Transfer maps and nonexistence of joint determinant

TL;DR

This paper demonstrates the equivalence of transfer maps in Milnor's K-theory and Goodwillie groups, leading to an isomorphism that helps describe joint determinants of commuting matrices over various fields.

Contribution

It establishes the functorial equivalence of transfer maps in Milnor's K-theory and Goodwillie groups, enabling a new understanding of joint determinants for matrices over different fields.

Findings

Transfer maps in Milnor's K-theory and Goodwillie groups are equivalent.

An explicit isomorphism between Goodwillie groups and Milnor's K-groups is constructed.

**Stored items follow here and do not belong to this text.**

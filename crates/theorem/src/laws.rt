//! What holds of each story.
ghost use Rattle.std.specs.Prelude.{[], List};
ghost use Rattle.board_model.specs.Shapes.{Size};
ghost use Rattle.disk.specs.FaultState.{FaultState};
ghost use Rattle.theorem.specs.Images.{ShowsSuspended};
ghost use Rattle.theorem.specs.Story.{Now, begin, Tells};
ghost use Rattle.theorem.specs.declared.asks.Asked.{Asked};
ghost use Rattle.theorem.specs.declared.asks.Seen.{Seen};

/// *An image that it finds is the suspended memory, byte for byte. No image is resumed twice.* In each story from a format on, by what
/// was asked and seen alone: what a load reads, and what a board goes on with, is of the last suspension that was acknowledged, or of
/// one in doubt since; and of one that no board went on with. It does nothing.
pub fn images_go_on_once()
    ensures { (size : Size) (faults : FaultState) (asked : List Asked) (seen : List Seen) (w : Now)
        → Tells size (begin faults) asked seen w → ShowsSuspended [] asked seen }
{}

Joint determinants for matrices over finite, rational, real, and complex fields are explicitly described.

Abstract

Transfer Maps, sometimes called norm maps, for Milnor's $K$-theory were first defined by Bass and Tate (1972) for simple extensions of fields via tame symbol and Weil's reciprocity law, but their functoriality had not been settled until Kato (1980). On the other hand, functorial transfer maps for the Goodwillie group are easily defined. We show that these natural transfer maps actually agree with the classical but difficult transfer maps by Bass and Tate. With this result, we build an isomorphism from the Goodwillie groups to Milnor's $K$-groups of fields, which in turn provides a description of joint determinants for the commuting invertible matrices. In particular, we explicitly determine certain joint determinants for the commuting invertible matrices over a finite field, the field of rational numbers, real numbers and complex numbers into the respective group of units of given field.